Road traffic accidents are a major global public safety issue. According to WHO data, about 1.35 million people die from road traffic accidents each year, and tens of millions are injured. Effectively predicting accident severity and identifying high-risk factors are of great significance for accident prevention and emergency response, which is the demand this project addresses.

## [Methodology] Core Functions and Technical Architecture

### Data Preprocessing Module
Automatically performs data cleaning, format standardization, feature encoding, and data splitting to ensure input data quality.
### Exploratory Data Analysis (EDA)
Provides visualization functions such as statistical charts, trend analysis, geographic distribution, and multi-dimensional analysis to help understand data patterns.
### Correlation Analysis
Identifies key factors related to accident severity through Pearson correlation coefficient, Spearman rank correlation, chi-square test, and heatmaps.
### Classification Prediction Models
Supports algorithms like decision trees, random forests, SVM, logistic regression, and gradient boosting trees, and automatically completes training, validation, and evaluation.
### Decision Tree Visualization and Interpretation
Provides tree structure display, path tracking, feature importance quantification, and rule extraction to enhance model interpretability.
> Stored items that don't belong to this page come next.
/// Makes of the bytes at a place of a chunk what a span's piece makes of them in a direction. The bytes that it holds
/// are the first of the row. Gives the place behind them.
fn apply_span(
    heap: &mut Heap,
    h: ChunkHandle,
    at: usize,
    span: Span,
    row: &[u8],
    direction: Direction,
) -> usize
    // The piece, of a live chunk.
    requires live { IsTrue (contains_key heap.old.chunks h.0) }
    requires whole { own span ≤ length row.now }
    // What it is made of, and what it makes, within a chunk's room and the heap's.
    requires within { at + taken (directed_piece direction (piece_of span row.now)) ≤
        length (chunk_bytes heap.old.chunks h.0) }
    requires before { at + taken (directed_piece direction (piece_of span row.now)) ≤ capacity }
    requires after { at + given (directed_piece direction (piece_of span row.now)) ≤ capacity }
    requires fits { IsTrue (fits_with heap.old.chunks h.0
        (with_piece (directed_piece direction (piece_of span row.now)) at (chunk_bytes heap.old.chunks h.0))) }
    // What is done.
    ensures chunks { heap.new.chunks ≡ insert heap.old.chunks h.0
        (with_piece (directed_piece direction (piece_of span row.now)) at (chunk_bytes heap.old.chunks h.0)) }
    ensures place { result ≡ at + given (directed_piece direction (piece_of span row.now)) }
{
    match span {
        Span::Keep(n) => at + n as usize,
        Span::Put { old, new } => {
            let (old, behind) = row.split_at(old as usize);
            let new = &behind[..new as usize];
            match direction {
                Direction::Forwards => put_piece(heap, h, at, old, new),
                Direction::Backwards => put_piece(heap, h, at, new, old),
            }
        }
        Span::Rebase { words, from, to } => {
            let end = at + 2 * words as usize;
            match direction {
                Direction::Forwards => rebase_chunk(heap, h, at, end, from, to),
                Direction::Backwards => rebase_chunk(heap, h, at, end, to, from),
            }
            end
        }
    }
}

/// Puts bytes in the place of as many at a place of a chunk as others are. Gives the place behind them.
fn put_piece(heap: &mut Heap, h: ChunkHandle, at: usize, old: &[u8], new: &[u8]) -> usize
    requires live { IsTrue (contains_key heap.old.chunks h.0) }
    requires within { at + length old.now ≤ length (chunk_bytes heap.old.chunks h.0) }
    requires after { at + length new.now ≤ capacity }
    requires fits { IsTrue (fits_with heap.old.chunks h.0
        (splice (chunk_bytes heap.old.chunks h.0) at (at + length old.now) new.now)) }
    ensures chunks { heap.new.chunks ≡ insert heap.old.chunks h.0
        (splice (chunk_bytes heap.old.chunks h.0) at (at + length old.now) new.now) }
    ensures place { result ≡ at + length new.now }
{
    put(heap, h, at, old.len(), new);
    at + new.len()
}

/// Rebases the words of a chunk from one place to another.
fn rebase_chunk(heap: &mut Heap, h: ChunkHandle, at: usize, end: usize, from: u16, to: u16)
    requires live { IsTrue (contains_key heap.old.chunks h.0) }
    requires order { at ≤ end }
    requires within { end ≤ length (chunk_bytes heap.old.chunks h.0) }
    requires even { (end - at) % 2 ≡ 0 }
    ensures { heap.new.chunks ≡ insert heap.old.chunks h.0
        (splice (chunk_bytes heap.old.chunks h.0) at end
        (rebased ((end - at) / 2) from to (take (end - at) (drop at (chunk_bytes heap.old.chunks h.0))))) }
{
    let chunk = heap.chunk_mut(h);
    rebase(&mut chunk[at..end], from, to);
}

/// Makes of a raw body what a patch makes of it in a direction.
pub(crate) fn patch_raw(body: &mut RawBody, patch: &Patch, direction: Direction)
    requires size { total_taken (directed_pieces direction patch.now) ≡ length body.old }
    requires room { peak patch.now ≤ capacity }
    ensures { body.new ≡ patched (directed_pieces direction patch.now) body.old }
{
    match &patch.held {
        Held::Alone {
            old,
            new,
            before,
            behind,
            bytes,
            ..
        } => {
            let spans = alone_spans(*before, *old, *new, *behind);
            let count = usize::from(*old) + usize::from(*new);
            apply_raw_spans(body, spans.as_slice(), &bytes[..count], direction);
        }
        Held::Many(pieces) => {
            let content = pieces.content.as_slice();
            apply_raw_spans(body, pieces.spans.as_slice(), content, direction);
        }
    }
}

/// The same by the patch's spans, and the bytes that their pieces hold in a row.
fn apply_raw_spans(body: &mut RawBody, spans: &[Span], content: &[u8], direction: Direction)
    requires whole { total_own spans.now ≡ length content.now }
    requires size { total_taken (directed_pieces direction (pieces_of spans.now content.now)) ≡ length body.old }
    requires room { peak (pieces_of spans.now content.now) ≤ capacity }
    ensures { body.new ≡ patched (directed_pieces direction (pieces_of spans.now content.now)) body.old }
{
    let mut at = 0;
    let mut row = content;
    for span in spans {
        at = apply_raw_span(body, at, *span, row, direction);
        row = &row[span.own()..];
    }
}

/// Makes of the bytes at a place of a raw body what a span's piece makes of them in a direction. The bytes that it
/// holds are the first of the row. Gives the place behind them.
fn apply_raw_span(
    body: &mut RawBody,
    at: usize,
    span: Span,
    row: &[u8],
    direction: Direction,
) -> usize
    // The piece.
    requires whole { own span ≤ length row.now }
    // What it is made of, and what it makes, within a raw body's room.
    requires within { at + taken (directed_piece direction (piece_of span row.now)) ≤ length body.old }
    requires before { at + taken (directed_piece direction (piece_of span row.now)) ≤ capacity }
    requires after { at + given (directed_piece direction (piece_of span row.now)) ≤ capacity }
    requires room { length (with_piece (directed_piece direction (piece_of span row.now)) at body.old) ≤ capacity }
    // What is done.
    ensures bytes { body.new ≡ with_piece (directed_piece direction (piece_of span row.now)) at body.old }
    ensures place { result ≡ at + given (directed_piece direction (piece_of span row.now)) }
{
    match span {
        Span::Keep(n) => at + n as usize,
        Span::Put { old, new } => {
            let (old, behind) = row.split_at(old as usize);
            let new = &behind[..new as usize];
            match direction {
                Direction::Forwards => put_raw_piece(body, at, old, new),
                Direction::Backwards => put_raw_piece(body, at, new, old),
            }
        }
        Span::Rebase { words, from, to } => {
            let end = at + 2 * words as usize;
            match direction {
                Direction::Forwards => rebase_raw(body, at, end, from, to),
                Direction::Backwards => rebase_raw(body, at, end, to, from),
            }
            end
        }
    }
}

/// Puts bytes in the place of as many at a place of a raw body as others are. Gives the place behind them.
fn put_raw_piece(body: &mut RawBody, at: usize, old: &[u8], new: &[u8]) -> usize
    requires within { at + length old.now ≤ length body.old }
    requires after { at + length new.now ≤ capacity }
    requires room { length (splice body.old at (at + length old.now) new.now) ≤ capacity }
    ensures bytes { body.new ≡ splice body.old at (at + length old.now) new.now }
    ensures place { result ≡ at + length new.now }
{
    put_raw(body, at, old.len(), new);
    at + new.len()
}

/// Rebases the words of a raw body from one place to another.
fn rebase_raw(body: &mut RawBody, at: usize, end: usize, from: u16, to: u16)
    requires order { at ≤ end }
    requires within { end ≤ length body.old }
    requires even { (end - at) % 2 ≡ 0 }
    ensures { body.new ≡ splice body.old at end
        (rebased ((end - at) / 2) from to (take (end - at) (drop at body.old))) }
{
    rebase(body.slice_mut(at, end - at), from, to);
}

/// Rebases words where they lie, so that each is as far behind `to`, modulo 2^16, as it was behind `from`.
fn rebase(words: &mut [u8], from: u16, to: u16)
    requires { length words.old % 2 ≡ 0 }
    ensures { words.new ≡ rebased (length words.old / 2) from to words.old }
{
    for i in 0..words.len() / 2 {
        let word = &mut words[2 * i..];
        let moved = LittleEndian::read_u16(word).wrapping_sub(from);
        LittleEndian::write_u16(word, moved.wrapping_add(to));
    }
}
## [Applications] Value in Multiple Scenarios

### Traffic Management Departments
Used for risk assessment (identifying high-risk road sections/time periods), accident prevention, resource allocation, and policy formulation.
### Insurance Companies
Used for claim prediction, risk assessment (adjusting premiums), and fraud detection.
### Academic Research Institutions
Used for hypothesis testing, feature engineering, model comparison, and paper publication.

## [Usage] System Requirements and Operation Process

### System Requirements
- OS: Windows 10+/macOS 10.14+/Linux
- Memory: At least 4GB RAM
- Disk: At least 500MB of space
- Network: Required for downloading the application
### Installation and Startup
1. Download the installation package for your system from GitHub Releases
2. Run the installer to complete installation
3. Launch the application
### Analysis Process
1. Load CSV format data
2. Click Analyze to generate a visualization report
3. Select fields to predict severity
4. View the results panel

## [Highlights] Technical Innovations and User-Friendly Design

- **Zero-code experience**: Graphical interface, easy to use for non-technical users.
- **End-to-end automation**: Fully automatic from data loading to result output (cleaning, feature engineering, model training, visualization).
- **Interpretability first**: Features like decision tree visualization and feature importance help users understand the model's decision logic.
- **Cross-platform support**: Compatible with Windows, macOS, and Linux systems.
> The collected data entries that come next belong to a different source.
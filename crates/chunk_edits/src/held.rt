//! How a patch holds its pieces: a span for each, and the bytes that all of them hold in a row.
ghost use Rattle.std.specs.Prelude.{◌≡◌, ◌≤◌, ◌+◌, ◌-◌, ◌*◌, ◌^◌, ◌++◌, ◌↔◌, [], ◌∷◌, true, IsTrue, MatchOption, OnOk, OnErr, IfOk, length, min, take};
ghost use Rattle.std.specs.List.{sum_by};
ghost use Rattle.chunk_edits.specs.Patching.{IsPieceOf, directed_piece, taken};
ghost use Rattle.chunk_edits.specs.Exchanging.{AreFew};
ghost use Rattle.chunk_edits.specs.Spans.{IsShort, IsSound, extent, has_allocation, most, own, piece_of, row_in, spans_in};
ghost use Rattle.chunk_edits.specs.declared.held.Span.TheVariants as spans;

use crate::direction::Direction;
use smallvec::SmallVec;
use std::alloc::{AllocError, Global};

/// A piece as a patch keeps it: what becomes of how many bytes, without the bytes.
#[derive(Clone, Copy)]
pub(crate) enum Span {
    /// So many bytes stay.
    Keep(u32),
    /// So many bytes go, and so many others come in their place.
    Put { old: u32, new: u32 },
    /// So many words, each as far behind `to` then, modulo 2^16, as it is behind `from`.
    Rebase { words: u32, from: u16, to: u16 },
}

/// What a place for a span has before it is used: no bytes, which stay.
impl Default for Span {
    fn default() -> Span {
        Span::Keep(0)
    }
}

impl Span {
    /// How many bytes it is of in a direction.
    pub(crate) fn extent(self, direction: Direction) -> usize
        ensures { result ≡ extent direction self }
    {
        match self {
            Span::Keep(n) => n as usize,
            Span::Put { old, new } => match direction {
                Direction::Forwards => old as usize,
                Direction::Backwards => new as usize,
            },
            Span::Rebase { words, .. } => 2 * words as usize,
        }
    }

    /// Whether bytes begin with those that its piece is of in a direction, where it holds the first ones of the row.
    pub(crate) fn begins(self, bytes: &[u8], row: &[u8], direction: Direction) -> bool
        requires { own self ≤ length row.now }
        ensures { IsTrue result ↔ IsPieceOf (directed_piece direction (piece_of self row.now))
            (take (taken (directed_piece direction (piece_of self row.now))) bytes.now) }
    {
        match self {
            Span::Keep(n) => n as usize <= bytes.len(),
            Span::Put { old, new } => {
                let (old, behind) = row.split_at(old as usize);
                match direction {
                    Direction::Forwards => bytes.starts_with(old),
                    Direction::Backwards => bytes.starts_with(&behind[..new as usize]),
                }
            }
            Span::Rebase { words, .. } => 2 * words as usize <= bytes.len(),
        }
    }

    /// How many bytes its piece holds.
    pub(crate) fn own(self) -> usize
        ensures { result ≡ own self }
    {
        match self {
            Span::Put { old, new } => old as usize + new as usize,
            Span::Keep(_) | Span::Rebase { .. } => 0,
        }
    }
}

/// Bytes that go, and those that come in their place.
#[derive(Clone, Copy)]
pub struct Exchange<'a> {
    pub old: &'a [u8],
    pub new: &'a [u8],
}

impl Exchange<'_> {
    /// The span of its piece.
    pub(crate) fn span(&self) -> Span
        requires { AreFew self.now }
        ensures { result ≡ spans.Put (length self.now.old.now) (length self.now.new.now) }
    {
        Span::Put {
            old: self.old.len() as u32,
            new: self.new.len() as u32,
        }
    }

    /// How many bytes go or come.
    pub(crate) fn count(&self) -> usize
        requires { AreFew self.now }
        ensures { result ≡ length self.now.old.now + length self.now.new.now }
    {
        self.old.len() + self.new.len()
    }

    /// It alone, of few bytes, behind so many that stay, and in front of so many more.
    #[inline(always)]
    pub(crate) fn alone(&self, alloc: Global, before: u16, behind: u16) -> Held
        requires { length self.now.old.now + length self.now.new.now ≤ 16 }
        ensures spans { spans_in result ≡ spans.Keep before
            ∷ spans.Put (length self.now.old.now) (length self.now.new.now) ∷ spans.Keep behind ∷ [] }
        ensures row { row_in result ≡ self.now.old.now ++ self.now.new.now }
        ensures short { IsShort result }
    {
        let count = self.old.len() + self.new.len();
        let mut bytes = [0; ALONE_BYTES];
        bytes[..self.old.len()].copy_from_slice(self.old);
        bytes[self.old.len()..count].copy_from_slice(self.new);
        Held::Alone {
            old: self.old.len() as u8,
            new: self.new.len() as u8,
            before,
            behind,
            bytes,
            alloc,
        }
    }

    /// The bytes that go, and behind them those that come.
    pub(crate) fn joined(&self, alloc: Global) -> Result<SmallVec<u8, FEW_BYTES>, AllocError>
        requires { AreFew self.now }
        ensures { IfOk result (λ row. row.items ≡ self.now.old.now ++ self.now.new.now) }
    {
        let mut row = SmallVec::with_capacity(alloc, self.count())?;
        row.extend_from_slice(self.old)?;
        row.extend_from_slice(self.new)?;
        Ok(row)
    }
}

/// How many bytes that go or come a patch holds without an allocation, if it is of one exchange.
pub(crate) const ALONE_BYTES: usize = 16;

/// How many spans any other holds in its one allocation, as many as an edit of an array of elements of one size has;
/// for more it takes another.
pub(crate) const FEW_SPANS: usize = 4;

/// How many bytes that go or come it holds there too; for more it takes another.
pub const FEW_BYTES: usize = 24;

/// What a patch holds in its allocation.
#[derive(Drop)]
pub(crate) struct Pieces {
    pub spans: SmallVec<Span, FEW_SPANS>,
    /// Of each piece the bytes that go, and behind them those that come.
    pub content: SmallVec<u8, FEW_BYTES>,
}

/// How a patch holds its pieces.
#[derive(Drop)]
pub(crate) enum Held {
    /// One exchange of few bytes, without an allocation: how many go and come, how many stay before them and behind
    /// them, and the bytes that go, with those that come behind them. The numbers share a word with the tag.
    Alone {
        old: u8,
        new: u8,
        before: u16,
        behind: u16,
        bytes: [u8; ALONE_BYTES],
        alloc: Global,
    },
    /// Any pieces.
    Many(Box<Pieces>),
}

impl Held {
    /// How many bytes it is of in a direction; 2^64 - 1 where these are more.
    pub(crate) fn size_before(&self, direction: Direction) -> usize
        ensures { result ≡ min (sum_by (extent direction) (spans_in self.now)) (2 ^ 64 - 1) }
    {
        match self {
            Held::Alone {
                old,
                new,
                before,
                behind,
                ..
            } => {
                let part = match direction {
                    Direction::Forwards => *old,
                    Direction::Backwards => *new,
                };
                usize::from(*before) + usize::from(part) + usize::from(*behind)
            }
            Held::Many(pieces) => size_of_spans(pieces.spans.as_slice(), direction),
        }
    }

    /// How many bytes there are at most while it is carried out; 2^64 - 1 where these are more.
    pub(crate) fn peak(&self) -> usize
        ensures { result ≡ min (sum_by most (spans_in self.now)) (2 ^ 64 - 1) }
    {
        match self {
            Held::Alone {
                old,
                new,
                before,
                behind,
                ..
            } => {
                let part = (*old).max(*new);
                usize::from(*before) + usize::from(part) + usize::from(*behind)
            }
            Held::Many(pieces) => peak_of_spans(pieces.spans.as_slice()),
        }
    }

    /// How many bytes go and come.
    pub(crate) fn byte_count(&self) -> usize
        requires { IsSound self.now }
        ensures { result ≡ length (row_in self.now) }
    {
        match self {
            Held::Alone { old, new, .. } => usize::from(*old) + usize::from(*new),
            Held::Many(pieces) => pieces.content.len(),
        }
    }

    /// A span more, which has no bytes in the row.
    pub(crate) fn push(&mut self, span: Span) -> Result<(), AllocError>
        requires { IsSound self.old }
        ensures ok { OnOk result (spans_in self.new ≡ spans_in self.old ++ (span ∷ [])) }
        ensures err { OnErr result (spans_in self.new ≡ spans_in self.old) }
        ensures row { row_in self.new ≡ row_in self.old }
        ensures short { IsShort self.new }
    {
        self.take_allocation()?;
        match self {
            Held::Many(pieces) => {
                pieces.spans.push(span)?;
                Ok(())
            }
            Held::Alone { .. } => unreachable!(),
        }
    }

    /// A span more, with the bytes that go and come.
    pub(crate) fn put(&mut self, span: Span, old: &[u8], new: &[u8]) -> Result<(), AllocError>
        requires sound { IsSound self.old }
        requires own { own span ≡ length old.now + length new.now }
        ensures ok { OnOk result ((spans_in self.new ≡ spans_in self.old ++ (span ∷ []))
            × (row_in self.new ≡ row_in self.old ++ (old.now ++ new.now))) }
        ensures err { OnErr result ((spans_in self.new ≡ spans_in self.old) × (row_in self.new ≡ row_in self.old)) }
        ensures short { IsShort self.new }
    {
        self.take_allocation()?;
        match self {
            Held::Many(pieces) => {
                put_behind(pieces, span, old, new)?;
                Ok(())
            }
            Held::Alone { .. } => unreachable!(),
        }
    }

    /// It has its pieces in an allocation from now on.
    // Inlined, since most that get another piece have one.
    #[inline(always)]
    fn take_allocation(&mut self) -> Result<(), AllocError>
        requires { IsSound self.old }
        ensures spans { spans_in self.new ≡ spans_in self.old }
        ensures row { row_in self.new ≡ row_in self.old }
        ensures short { IsShort self.new }
        ensures many { OnOk result (has_allocation self.new ≡ true) }
    {
        match self {
            Held::Many(_) => Ok(()),
            Held::Alone { .. } => self.move_out(),
        }
    }

    /// The same where it may have none.
    #[inline(never)]
    fn move_out(&mut self) -> Result<(), AllocError>
        requires { IsSound self.old }
        ensures spans { spans_in self.new ≡ spans_in self.old }
        ensures row { row_in self.new ≡ row_in self.old }
        ensures short { IsShort self.new }
        ensures many { OnOk result (has_allocation self.new ≡ true) }
    {
        if let Some(pieces) = self.allocated()? {
            *self = Held::Many(pieces);
        }
        Ok(())
    }

    /// Its pieces in an allocation, if it has none.
    fn allocated(&self) -> Result<Option<Box<Pieces>>, AllocError>
        requires { IsSound self.now }
        ensures { IfOk result (λ made. MatchOption made (has_allocation self.now ≡ true)
            (λ pieces. (pieces.value.spans.items ≡ spans_in self.now)
            × (pieces.value.content.items ≡ row_in self.now))) }
    {
        match self {
            Held::Alone {
                old,
                new,
                before,
                behind,
                bytes,
                alloc,
            } => {
                let spans = alone_spans(*before, *old, *new, *behind);
                let count = usize::from(*old) + usize::from(*new);
                let pieces = Pieces {
                    spans: SmallVec::from_slice(*alloc, spans.as_slice())?,
                    content: SmallVec::from_slice(*alloc, &bytes[..count])?,
                };
                Ok(Some(Box::new(*alloc, pieces)?))
            }
            Held::Many(_) => Ok(None),
        }
    }
}

/// The spans of one exchange with bytes that stay before it and behind it.
pub(crate) fn alone_spans(before: u16, old: u8, new: u8, behind: u16) -> [Span; 3]
    ensures { result ≡ spans.Keep before ∷ spans.Put old new ∷ spans.Keep behind ∷ [] }
{
    [
        Span::Keep(u32::from(before)),
        put_span(old, new),
        Span::Keep(u32::from(behind)),
    ]
}

/// The span of so many bytes that go, and so many that come in their place.
pub(crate) fn put_span(old: u8, new: u8) -> Span
    ensures { result ≡ spans.Put old new }
{
    Span::Put {
        old: u32::from(old),
        new: u32::from(new),
    }
}

/// A span more, with the bytes that go and come.
fn put_behind(pieces: &mut Pieces, span: Span, old: &[u8], new: &[u8]) -> Result<(), AllocError>
    requires { own span ≡ length old.now + length new.now }
    ensures ok { OnOk result ((pieces.new.spans.items ≡ pieces.old.spans.items ++ (span ∷ []))
        × (pieces.new.content.items ≡ pieces.old.content.items ++ (old.now ++ new.now))) }
    ensures err { OnErr result ((pieces.new.spans.items ≡ pieces.old.spans.items)
        × (pieces.new.content.items ≡ pieces.old.content.items)) }
{
    pieces.spans.reserve(1)?;
    pieces.content.reserve(span.own())?;
    pieces.spans.push_reserved(span);
    pieces.content.extend_from_slice(old)?;
    pieces.content.extend_from_slice(new)?;
    Ok(())
}

/// How many bytes spans are of in a direction; 2^64 - 1 where these are more.
fn size_of_spans(spans: &[Span], direction: Direction) -> usize
    ensures { result ≡ min (sum_by (extent direction) spans.now) (2 ^ 64 - 1) }
{
    let mut size: usize = 0;
    for span in spans {
        size = size.saturating_add(span.extent(direction));
    }
    size
}

/// How many bytes there are of spans at most, in either direction; 2^64 - 1 where these are more.
fn peak_of_spans(spans: &[Span]) -> usize
    ensures { result ≡ min (sum_by most spans.now) (2 ^ 64 - 1) }
{
    let mut peak: usize = 0;
    for span in spans {
        let before = span.extent(Direction::Forwards);
        peak = peak.saturating_add(before.max(span.extent(Direction::Backwards)));
    }
    peak
}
## [Limitations and Improvements] Current Shortcomings and Future Directions

### Current Limitations
1. Data format limitations: Mainly supports CSV; limited support for databases/APIs.
2. Algorithm selection: Advanced users cannot customize parameters.
3. Real-time prediction: Focuses on batch analysis; weak real-time stream processing capability.
4. Model deployment: Lacks export and integration functions.
### Improvement Directions
1. Expand data sources: Support databases, data warehouses, and real-time streams.
2. AutoML: Automatic feature engineering and hyperparameter optimization.
3. Model serviceization: Provide REST API for online prediction.
4. Deep learning: Explore neural network applications.
5. GIS integration: Combine map data for spatial analysis.
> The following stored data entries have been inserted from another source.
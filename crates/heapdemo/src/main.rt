// Takes a word through a block of a heap, and says what came out.
#![tactic(auto)]

use heaptour::carry;

fn main(rt: HostRuntime) -> Result<(), std::io::Error> {
    match carry(rt.memory(), 77) {
        Some(x) => println!(rt; "{x} went through a block")?,
        None => println!(rt; "the heap had no block")?,
    }
    Ok(())
}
## [Summary] Project Value and Future Outlook

This project demonstrates the application potential of machine learning in the public safety field, lowering the threshold for AI use through an easy-to-use desktop application. Its interpretability design (e.g., decision tree visualization) is particularly important in personal safety scenarios. With the development of intelligent transportation in the future, we expect the project to integrate more data sources and algorithms to make greater contributions to road traffic safety, and hope more similar tools emerge to let AI serve social well-being.